Bases 251-500 reservations/statuses/primes

[appeldorff]

I'm pretty sure i removed k=87036 from my search after you told me. I used a spreadsheet to keep score and i have 267 k's left in that spreadsheet.
But I'll take a look at the k's you list as remaining and see if I forgot to remove one.

ÊDIT: Found it. Forgot to remove k=8956 hehe.

[MyDogBuster]

An algebraic straggler.

Reserving Riesel 409.

[MyDogBuster]

Riesel Base 409
Conjectured k = 534
Covering Set = 5, 41
Trivial Factors k == 1 mod 2(2) and k == 1 mod 3(3) and k == 1 mod 17(17)

Found Primes: 163k's File attached

Remaining k's: Tested to n=25K
144*409^n-1 < Proven composite by partial algebraic factors
284*409^n-1
344*409^n-1

Trivial Factor Eliminations: 100k's

Base Released

[MyDogBuster]

Cleaning out the closets now.

Reserving Riesel 476 & 491 and Sierp 491 to n=25K

[rogue]

I have some results to report.

Primes:

Code:

3*328^6+1
4*328^30+1
6*328^7+1
7*328^1+1
9*328^1+1
10*328^3+1
12*328^2+1
13*328^3+1
15*328^2+1
16*328^3+1
18*328^4+1
19*328^3+1
21*328^3+1
22*328^592+1
24*328^1+1
25*328^2+1
28*328^2+1
30*328^201+1
31*328^1+1
33*328^3+1
34*328^13+1
36*328^292+1
37*328^4+1
39*328^2+1
40*328^1+1
42*328^4+1
43*328^2+1
45*328^19+1
46*328^3+1

Trivially factored

Code:

2
5
8
11
14
17
20
23
26
29
32
35
38
41
44
47

I have not tested GFNs, i.e. k=1.

The only remaining k without a prime is 27. I have tested it to 25K. I am releasing this base.

[rogue]

I have some results to report.

Primes:

Code:

2*328^80-1
3*328^1-1
5*328^2-1
6*328^2-1
9*328^605-1
11*328^1-1
12*328^2-1
14*328^1-1
15*328^1-1
17*328^3-1
18*328^1-1
20*328^20962-1
21*328^3-1
23*328^2-1
24*328^4-1
26*328^1-1
27*328^2-1
29*328^1-1
30*328^1-1
32*328^22-1
33*328^2-1
35*328^6603-1
36*328^1-1
38*328^2-1
39*328^1-1
42*328^447-1
44*328^1-1
45*328^1-1
47*328^3-1

Trivially factored

Code:

1
4
7
10
13
16
19
22
25
28
31
34
37
40
43
46

The remaining k without a prime are 8 and 41. I have tested it to 25K. I am releasing this base.

[MyDogBuster]

Riesel Base 476
Conjectured k = 52
Covering Set = 3, 53
Trivial Factors k == 1 mod 5(5) and k == 1 mod 19(19)
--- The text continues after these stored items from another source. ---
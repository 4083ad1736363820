//! Lines that wait together, whose boards are searched side by side: the report is the same for any number of workers,
//! however the bytes come and wherever a device fails.

use super::{NO_FAILURE, by_two_workers, settings};
use oth_pool::Open;
use oth_rules::samples::after_least_moves;
use oth_rules::{Board, Scoring, Sym};
use oth_run::{RunFault, run};
use oth_search::{NoCells, scores_with, solve_alone};
use oth_text::fakes::{BrokenSource, ByteSink};
use oth_text::{Position, Side, report_line, scores_line, write_board};
use oth_words::{Command, Settings};
use std::alloc::Global;
use std::process::Abort;
use std::sync::Wait;
use std::test::Fail;
use std::thread::Threads;

/// An input of ten lines and a rest, and its report.
#[derive(Drop)]
struct Lines {
    input: Vec<u8>,
    report: Vec<u8>,
}

impl Lines {
    /// A line and its reply. Byte 10 ends both.
    fn push(&mut self, line: &[u8], reply: &[u8]) -> Result<(), Fail> {
        self.input.extend_from_slice(line)?;
        self.input.push(b'\n')?;
        self.report.extend_from_slice(reply)?;
        self.report.push(b'\n')?;
        Ok(())
    }

    fn push_board(&mut self, board: Board, asked: &Settings) -> Result<(), Fail> {
        let position = Position {
            board,
            mover: Side::Black,
        };
        let line = write_board(&position);
        if asked.command == Command::Scores {
            let scores = scores_with(board, &mut NoCells, asked.scoring);
            return self.push(line.as_slice(), scores_line(&scores).as_slice());
        }
        match solve_alone(&board, asked.scoring) {
            Ok(answer) => self.push(line.as_slice(), report_line(&answer).as_slice()),
            Err(_) => Ok(()),
        }
    }
}

/// The eight images of a board of a game with ten empty squares at most, with faulty lines among them.
fn mixed_lines(alloc: Global, asked: &Settings) -> Result<Lines, Fail> {
    let mut lines = Lines {
        input: Vec::new(alloc),
        report: Vec::new(alloc),
    };
    let board = after_least_moves(10).unwrap_or(Position::start().board);
    for number in 0..8 {
        if number == 3 {
            lines.push(b"", b"error 1")?;
        }
        if number == 6 {
            lines.push(write_board(&Position::start()).as_slice(), b"error 5 60")?;
        }
        if let Some(sym) = Sym::of(number) {
            lines.push_board(board.image(sym), asked)?;
        }
    }
    Ok(lines)
}

fn by_two() -> Settings {
    Settings {
        cells: 64,
        ..by_two_workers(Scoring::Winner)
    }
}

/// How a run ends, and what it writes. Its reader gives `step` bytes at a time and fails after `until.0` bytes, its
/// writer after `until.1`.
fn done<R: Wait + Threads + Sync + AllocGlobal>(
    rt: &R,
    asked: &Settings,
    input: &[u8],
    step: usize,
    until: (usize, usize),
) -> (Result<(), RunFault>, ByteSink<1024>) {
    let mut reader = BrokenSource::new(input, until.0).in_steps(step.max(1));
    let mut writer = ByteSink::new(until.1);
    let alloc = rt.alloc();
    let result = run(rt, alloc, &mut reader, &mut writer, asked, &Open, None);
    (result, writer)
}

// Each number of workers gives the report of one worker without cells.
fn check_workers<R: Wait + Threads + Sync + AllocGlobal + Abort>(
    rt: &R,
    alone: &Settings,
) -> Result<(), Fail> {
    let lines = mixed_lines(rt.alloc(), alone)?;
    assert!(rt; lines.input.len() == 8 * 67 + 1 + 67);
    for workers in [1, 2, 3, 16] {
        let asked = Settings {
            workers,
            cells: 64,
            ..*alone
        };
        let whole = (NO_FAILURE, NO_FAILURE);
        let (result, writer) = done(rt, &asked, lines.input.as_slice(), 1_000, whole);
        assert!(rt; result == Ok(()), "{workers} workers");
        assert!(rt;
            writer.taken() == lines.report.as_slice(),
            "{workers} workers"
        );
    }
    Ok(())
}

#[test]
fn any_number_of_workers_gives_the_same_report(rt: HostRuntime) -> Result<(), Fail> {
    for scoring in [Scoring::Winner, Scoring::Discs] {
        for command in [Command::Solve, Command::Scores] {
            check_workers(&rt, &settings(command, scoring))?;
        }
    }
    Ok(())
}

#[test]
fn parts_of_any_length_give_the_same_report(rt: HostRuntime) -> Result<(), Fail> {
    let asked = by_two();
    let lines = mixed_lines(rt.alloc(), &asked)?;
    for step in 1..260 {
        let whole = (NO_FAILURE, NO_FAILURE);
        let (result, writer) = done(&rt, &asked, lines.input.as_slice(), step, whole);
        assert!(rt; result == Ok(()), "{step} bytes at a time");
        assert!(rt;
            writer.taken() == lines.report.as_slice(),
            "{step} bytes at a time"
        );
    }
    Ok(())
}

#[test]
fn a_writer_that_fails_leaves_a_beginning_of_the_report(rt: HostRuntime) -> Result<(), Fail> {
    let asked = by_two();
    let lines = mixed_lines(rt.alloc(), &asked)?;
    for n in 0..lines.report.len() {
        let until = (NO_FAILURE, n);
        let (result, writer) = done(&rt, &asked, lines.input.as_slice(), 1_000, until);
        assert!(rt; result == Err(RunFault::Write));
        assert!(rt; writer.taken() == &lines.report.as_slice()[..n]);
    }
    Ok(())
}

#[test]
fn a_reader_that_fails_leaves_the_report_of_the_lines_before(rt: HostRuntime) -> Result<(), Fail> {
    let asked = by_two();
    let lines = mixed_lines(rt.alloc(), &asked)?;
    for n in 0..lines.input.len() {
        let until = (n, NO_FAILURE);
        let (result, writer) = done(&rt, &asked, lines.input.as_slice(), 1_000, until);
        assert!(rt; result == Err(RunFault::Read));
        assert!(rt; lines.report.as_slice().starts_with(writer.taken()));
        assert!(rt; ends(writer.taken()) == ends(&lines.input.as_slice()[..n]));
    }
    Ok(())
}

/// How many lines a text ends.
fn ends(text: &[u8]) -> usize {
    text.iter().filter(|byte| **byte == b'\n').count()
}
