//! Out of memory. Each of these tests holds whichever one of its requests for memory is refused; `hostile/refusals.py`
//! runs each of them once for each request, thread starts among them.

use super::devices::{SCORED_TWO, TWO_LINES};
use super::{NO_FAILURE, by_two_workers, walk};
use oth_rules::Scoring;
use oth_words::{Command, Settings};
use std::process::Abort;
use std::sync::Wait;
use std::thread::Threads;

// The start, A, and a board of 14 empty squares, which two workers search together. Another solver gave its answer.
const LINES: &[u8] = b"---------------------------OX------XO--------------------------- X\n\
      --OXOOO-OOOOOOOOOOOOOOOOOOOOOOOOOOOOOOOOOOOOOOOOOOOOOOOOOOOOOOOO X\n\
      --XOOO-OO-OXOOO-OOOOXOOOOOOOOXOXOO-OOOXXOOOXXOOX-OXXXXXX--O----- X\n";

const SOLVED: &[u8] = b"error 5 60\n-50 h1\n-6 c5\n";

fn check_run<R: Wait + Threads + Sync + AllocGlobal + Abort>(rt: &R, cells: u32) {
    let asked = Settings {
        cells,
        ..by_two_workers(Scoring::Winner)
    };
    let done = walk(rt, &asked, LINES, NO_FAILURE, NO_FAILURE);
    assert!(rt; done.result == Ok(()));
    assert!(rt; done.writer.taken() == SOLVED);
}

#[test]
fn a_run_writes_the_same_report(rt: HostRuntime) {
    check_run(&rt, 1);
}

#[test]
fn a_run_without_cells(rt: HostRuntime) {
    check_run(&rt, 0);
}

#[test]
fn a_run_over_64_cells(rt: HostRuntime) {
    check_run(&rt, 64);
}

#[test]
fn a_run_of_scores_writes_the_same_report(rt: HostRuntime) {
    let asked = Settings {
        command: Command::Scores,
        ..by_two_workers(Scoring::Winner)
    };
    let done = walk(&rt, &asked, TWO_LINES, NO_FAILURE, NO_FAILURE);
    assert!(rt; done.result == Ok(()));
    assert!(rt; done.writer.taken() == SCORED_TWO);
}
Found Primes: 37k's File attached

Remaining k's: Tested to n=25K
49*476^n-1

Trivial Factor Eliminations: 12k's

Base Released

[MyDogBuster]

Riesel Base 491
Conjectured k = 40
Covering Set = 3, 41
Trivial Factors k == 1 mod 2(2) and k == 1 mod 3(3) and k == 1 mod 7(7)

Found Primes: 13k's File attached

Trivial Factor Eliminations: 6k's

Conjecture Proven

[MyDogBuster]

Sierp Base 491
Conjectured k = 40
Covering Set = 3, 41
Trivial Factors k == 1 mod 2(2) and k == 2 mod 3(3) and k == 6 mod 7(7)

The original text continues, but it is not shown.